I still have two wild-caught mantises who are both alive and don't seem to be in a big hurry to die. I'm kind of worried about the fact that their lives have been reduced to little more than eating and sleeping - they don't even get to hunt anymore. (Unless there is a way to tempt them to try and catch mealworms.) I'm also wondering wether it's a good thing or not that their life spans have gone far beyond what should've been by now. . . there was a frost locally in October that probably killed all the wild mantises. How do I keep their lives from not just becoming constant suspended animation?


----------



## Mantid-Tim (Dec 16, 2020)

I've had wild caught before (Chinese) and have always thought they are content to hunt flies in a large enough cage. Get an upright 10-gallon and they will be happy enough hanging upside down off the cage. Maybe try feeding flies instead of hand feeding worms if you want them to hunt.


----------



## Connor (Dec 16, 2020)

They are insects, their only “worries” are to eat and survive, which you are providing.
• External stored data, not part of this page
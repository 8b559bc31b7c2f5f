//! The ingress waits for its workers, for a little: what was heard before a row is published is done before, and a round of reports finds
//! room in their rings.

ghost use Rattle.std.specs.Prelude.{◌≡◌};
ghost use Rattle.worker_threads.specs.Patience.{is_later};

use crate::counts::Counts;
use crate::lane::Crew;
use rate_desk::SeatCalls;
use routes::Naming;
use std::sync::Wait;
use std::sync::atomic::Ordering;
use std::time::Duration;

/// How often the ingress looks, at most, whether its workers are done, before it publishes a row.
const LOOKS: u32 = 20;
/// How often it looks in a second, at most.
pub const LOOKS_A_SECOND: u32 = 100;
/// How long it sleeps between two looks, at most, in milliseconds.
const LOOK_MS: u64 = 1;
/// How many milliseconds a second has.
const SECOND_MS: u64 = 1_000;

/// How often the ingress may still look in a second, which began at this moment, in milliseconds.
#[derive(Clone, Copy, PartialEq, Eq)]
pub(crate) struct Patience {
    since: u64,
    left: u32,
}

impl Patience {
    ghost use Rattle.std.specs.Prelude.{◌≡◌, nat_lt};
    ghost use Rattle.worker_threads.specs.Patience.{patience_after, patience_at};

    /// That of the second which begins at this moment.
    pub(crate) fn new(moment: u64) -> Patience
        ensures { result ≡ record { since = moment; left = LOOKS_A_SECOND } }
    {
        Patience {
            since: moment,
            left: LOOKS_A_SECOND,
        }
    }

    /// Whether it may look once more at this moment; that look is taken off what is left then.
    fn take(&mut self, moment: u64) -> bool
        ensures may { result ≡ nat_lt 0 (patience_at self.old moment).left }
        ensures taken { self.new ≡ patience_after self.old moment }
    {
        if has_passed(self.since, moment) {
            *self = Patience::new(moment);
        }
        if self.left == 0 {
            return false;
        }
        self.left -= 1;
        true
    }
}

/// Whether the second that began then has passed; a moment before it is of another one, too.
fn has_passed(since: u64, moment: u64) -> bool
    ensures { result ≡ is_later since moment }
{
    match moment.checked_sub(since) {
        Some(passed) => passed >= SECOND_MS,
        None => true,
    }
}

/// Waits until the workers have done what they were given, `LOOKS` milliseconds at most, and no longer than there is patience for at
/// this moment.
pub(crate) fn settle<J: Naming, C: SeatCalls, R: Wait>(
    rt: &R,
    crew: &Crew<J, C>,
    counts: &Counts,
    patience: &mut Patience,
    moment: u64,
) {
    let recess = counts.recess();
    recess.is_awaited.store(true, Ordering::SeqCst);
    for _look in 0..LOOKS {
        if crew.is_done(counts) || !patience.take(moment) {
            break;
        }
        recess
            .parker
            .park_timeout(rt, Duration::from_millis(LOOK_MS));
    }
    recess.is_awaited.store(false, Ordering::SeqCst);
}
I’m sure they are doing well. If you are worried, I would just give them flies to hunt


----------



## MrGhostMantis (Dec 16, 2020)

They don’t sleep, and as @Connor said, they only worry about eating and surviving.


----------



## Curiosity (Dec 17, 2020)

Okay. . . I'll see if I can find some flies before they die of old age. . . neither of them can actually climb anymore.


----------



## MrGhostMantis (Dec 17, 2020)

Curiosity said:


> Okay. . . I'll see if I can find some flies before they die of old age. . . neither of them can actually climb anymore.


That may be from overfeeding. Your last mantis that died was extremely overfed.


----------



## Curiosity (Dec 21, 2020)

That was probably true a couple days ago. . . their appetites dropped off a lot about 14 days back though.


----------